Should I go to church
And see the holy edifice of stone,

Salarino and Salanio are concerned about their friend's sadness and are trying to establish what has put him in this melancholy mood.

'Holy edifice of stone' refers to a church building constructed of stone. The significance of Salarino's reference lies in the fact that seeing the church building which is secure and strong, would make him immediately reflect about the dangers his ship would have to face at sea. He is, in fact, drawing a contrast between the solidity and power of a rock and the fragile nature of a ship. Dangerous rocks would destroy a ship if it should, even gently, touch its sides. He would, at once have lost not only his ship but also his merchandise which, obviously, would drive him to tears.

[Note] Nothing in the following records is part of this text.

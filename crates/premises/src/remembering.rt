//! A disk that forgets nothing: it keeps what it had before each write and each sync since its making, and a crash may
//! leave any choice of its unsynced sectors. That it meets the trait shows that what the trait says of the images since
//! a moment does not make a disk forget them.

ghost use Rattle.std.specs.Prelude.{◌≡◌, ◌⊎◌, ◌<◌, ◌≤◌, ◌^◌, ◌++◌, ℕ, [], ◌∷◌, length, map, All};
ghost use Rattle.std.specs.Prelude.{replicate, slice_get, IfOk, IfSome, OnOk, OnErr, Some};
ghost use Rattle.ipc_disk.specs.Medium.{Image, IsDurable};
ghost use Rattle.ipc_disk.specs.Relations.Slots.{IsWhole, flushed, synced_slot};
ghost use Rattle.premises.specs.Remembered.{slot_of, slots_of, past_of, IsFull, IsLeftOf};

use ipc_disk::{DiskFault, SectorDisk};
use std::alloc::{AllocError, Global};

/// A sector's value at the last sync, and the last that was written.
#[derive(Clone, Copy)]
struct Slot {
    synced: [u8; 512],
    last: [u8; 512],
}

const ZEROS: Slot = Slot {
    synced: [0; 512],
    last: [0; 512],
};

/// A disk in memory. A write or a sync fails if what the disk had before it is too much to keep: if there is no memory
/// for that, or so many writes and syncs are kept as it keeps at most. Then nothing has changed but the count of
/// failures.
#[derive(Drop)]
pub struct RememberingDisk {
    alloc: Global,
    slots: Vec<Slot>,
    past: Vec<Vec<Slot>>,
    most: usize,
    failures: u64,
    writes: u64,
    syncs: u64,
    ghost whole: { All IsWhole (slots_of slots.items) },
    ghost few: { length slots.items < 2 ^ 32 },
    ghost were: { All (IsFull (length slots.items)) (past_of (map (λ v. v.items) past.items)) },
    ghost failures_fit: { failures < 2 ^ 64 },
    ghost writes_fit: { writes < 2 ^ 64 },
    ghost syncs_fit: { syncs < 2 ^ 64 },
}

impl RememberingDisk {
    ghost use Rattle.premises.specs.Remembering.{remembering_size, remembering_medium};

    /// A disk of zeros, which keeps so many writes and syncs at most.
    pub fn new(alloc: Global, sectors: u32, most: usize) -> Result<RememberingDisk, AllocError>
        ensures zeros { IfOk result (λ disk. (remembering_medium disk).contents
            ≡ replicate sectors (replicate 512 0)) }
        ensures size { IfOk result (λ disk. remembering_size disk ≡ sectors) }
    {
        let mut slots = Vec::with_capacity(alloc, sectors as usize)?;
        for _ in 0..sectors {
            slots.push(ZEROS)?;
        }
        Ok(RememberingDisk {
            alloc,
            slots,
            past: Vec::new(alloc),
            most,
            failures: 0,
            writes: 0,
            syncs: 0,
        })
    }

    /// How many writes and syncs it keeps: the moment of now.
    pub fn moment(&self) -> usize
        ensures { result ≡ (remembering_medium self.now).moment }
    {
        self.past.len()
    }

    /// The disk that a crash leaves which came after so many writes and syncs, where the unsynced sectors at the places
    /// that are true in `keep` had their last values by then; its own past is gone. None if there were not so many, or
    /// for want of memory.
    pub fn crashed(self, at: usize, keep: &[bool]) -> Option<RememberingDisk>
        // What it may leave itself could be left at that moment.
        ensures images { IfSome result (λ left. (t : ℕ) (image : Image) → t ≤ at
            → (remembering_medium left).images_now image → (remembering_medium self).images_since t image) }
        ensures durable { IfSome result (λ left. IsDurable (remembering_medium left)) }
        ensures size { IfSome result (λ left. remembering_size left ≡ remembering_size self) }
    {
        let Some(slots) = self.had(at) else {
            return None;
        };
        let Ok(slots) = choose(self.alloc, slots, keep) else {
            return None;
        };
        Some(RememberingDisk {
            alloc: self.alloc,
            slots,
            past: Vec::new(self.alloc),
            most: self.most,
            failures: self.failures,
            writes: self.writes,
            syncs: self.syncs,
        })
    }

    // What it had after so many writes and syncs.
    fn had(&self, at: usize) -> Option<&[Slot]>
        ensures { IfSome result (λ slots. slice_get (past_of (map (λ v. v.items) self.now.past.items)
            ++ slots_of self.now.slots.items ∷ []) at ≡ Some (slots_of slots.now)) }
    {
        if at == self.past.len() {
            return Some(&self.slots);
        }
        match self.past.get(at) {
            Some(slots) => Some(slots),
            None => None,
        }
    }
}

// What the disk has is kept.
fn keep_past(
    alloc: Global,
    past: &mut Vec<Vec<Slot>>,
    slots: &[Slot],
    most: usize,
) -> Result<(), AllocError>
    ensures ok { OnOk result (map (λ v. v.items) past.new.items
        ≡ map (λ v. v.items) past.old.items ++ slots.now ∷ []) }
    ensures err { OnErr result (past.new.items ≡ past.old.items) }
{
    if past.len() >= most {
        return Err(AllocError);
    }
    let entry = Vec::from_slice(alloc, slots)?;
    past.push(entry)?;
    Ok(())
}

// A sync of one sector: its last value is its synced one.
fn flush_one(slot: &mut Slot)
    ensures { slot_of slot.new ≡ flushed (slot_of slot.old) }
{
    slot.synced = slot.last;
}

// A sync of all sectors.
fn flush(slots: &mut [Slot])
    ensures { slots_of slots.new ≡ map flushed (slots_of slots.old) }
{
    for slot in slots.iter_mut() {
        flush_one(slot);
    }
}

// A crash, at one sector: one value is left, and it is synced.
fn choose_one(slot: &Slot, keep: bool) -> Slot
    ensures { (slot_of result ≡ synced_slot slot.now.synced) ⊎ (slot_of result ≡ synced_slot slot.now.last) }
{
    let value = if keep { slot.last } else { slot.synced };
    Slot {
        synced: value,
        last: value,
    }
}

// A crash: of each sector one value is left, and it is synced.
fn choose(alloc: Global, slots: &[Slot], keep: &[bool]) -> Result<Vec<Slot>, AllocError>
    ensures { IfOk result (λ left. IsLeftOf (slots_of slots.now) (slots_of left.items)) }
{
    let mut left = Vec::with_capacity(alloc, slots.len())?;
    for (place, slot) in slots.iter().enumerate() {
        let kept = keep.get(place).copied().unwrap_or(false);
        left.push(choose_one(slot, kept))?;
    }
    Ok(left)
}

impl SectorDisk for RememberingDisk {
    ghost use Rattle.premises.specs.Remembering.{remembering_size, remembering_medium, remembering_counts};
    ghost use Rattle.premises.specs.Remembered.{IsShaped-remembering, only_now-remembered};

    ghost size = { remembering_size };

    ghost medium = { remembering_medium };

    ghost counts = { remembering_counts };

    ghost fits = { λ disk. disk.few };

    ghost in_range = { λ disk. record {
      failures_fit = disk.failures_fit;
      writes_fit = disk.writes_fit;
      syncs_fit = disk.syncs_fit;
    } };

    ghost shaped = { λ disk image left. IsShaped-remembering disk.slots.items image disk.whole left };

    ghost only_now = { λ disk image left.
        only_now-remembered (past_of (map (λ v. v.items) disk.past.items)) (slots_of disk.slots.items) image left };

    fn sectors(&self) -> u32 {
        self.slots.len() as u32
    }

    fn read(&mut self, at: u32, into: &mut [u8; 512]) -> Result<(), DiskFault> {
        *into = self.slots[at as usize].last;
        Ok(())
    }

    fn write(&mut self, at: u32, from: &[u8; 512]) -> Result<(), DiskFault> {
        let Ok(()) = keep_past(self.alloc, &mut self.past, &self.slots, self.most) else {
            self.failures = self.failures.saturating_add(1);
            return Err(DiskFault);
        };
        self.slots[at as usize].last = *from;
        self.writes = self.writes.saturating_add(1);
        Ok(())
    }

    fn sync(&mut self) -> Result<(), DiskFault> {
        let Ok(()) = keep_past(self.alloc, &mut self.past, &self.slots, self.most) else {
            self.failures = self.failures.saturating_add(1);
            return Err(DiskFault);
        };
        flush(&mut self.slots);
        self.syncs = self.syncs.saturating_add(1);
        Ok(())
    }
}
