//! The premises of the laws, met at concrete types: a disk that forgets nothing is a disk, and lives of a server on
//! disks in memory are lives.
//!
//! What the clauses say:
//!
//! `one_life` of `premises` goes this way once, on a disk in memory: it formats, opens, makes two calls, closes and
//! opens again, and its clause is the law's conclusion, of some life. `one_life_with_a_crash` goes it with more in it,
//! on a disk that keeps what it had before each of its writes and syncs, and of whose unsynced sectors a crash may
//! leave any choice (`RememberingDisk`, of which the images since a moment are those and no other). A client says
//! HELLO, sees what it is answered, and sends more bytes; in the release of these the disk fails, at the call that its
//! caller chooses, or the release ends; and the machine stops there, with the unsynced sectors that its caller chooses.
//! Its clause is the law's conclusion of a life that saw these bytes (`Saw`, `specs/Visits.antt`). Tried once with a
//! HELLO, a msgget and a msgsnd: at each call of that release and with none, all, the even or the odd ones of its
//! sectors, the store that is opened has the queue or has it not, and the client had seen its process.
#![tactic(auto)]

pub mod lives;
pub mod remembering;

The church building, made of stone, is also symbolic of the strength of one's faith. The church is a symbol of the power of belief. The ship, in this allusion is a fragile vessel and represents humanity. What Salarino is suggesting is that the church, symbol of a person's faith, is more powerful than anything and, therefore, offers protection. Anything or anyone who does not believe in its power can be utterly destroyed, just as a ship can be destroyed by dangerous rocks.

Furthermore, Salarino's metaphoric reference also stems from the fact that sailors would visit the church before leaving on an arduous journey, asking for guidance and protection. The church reminds him of the power of nature and how easily one can be destroyed by its force. He suggests that one can have something and then, suddenly, have nothing if one should veer off course and crash into dangerous rocks, both literally and metaphorically.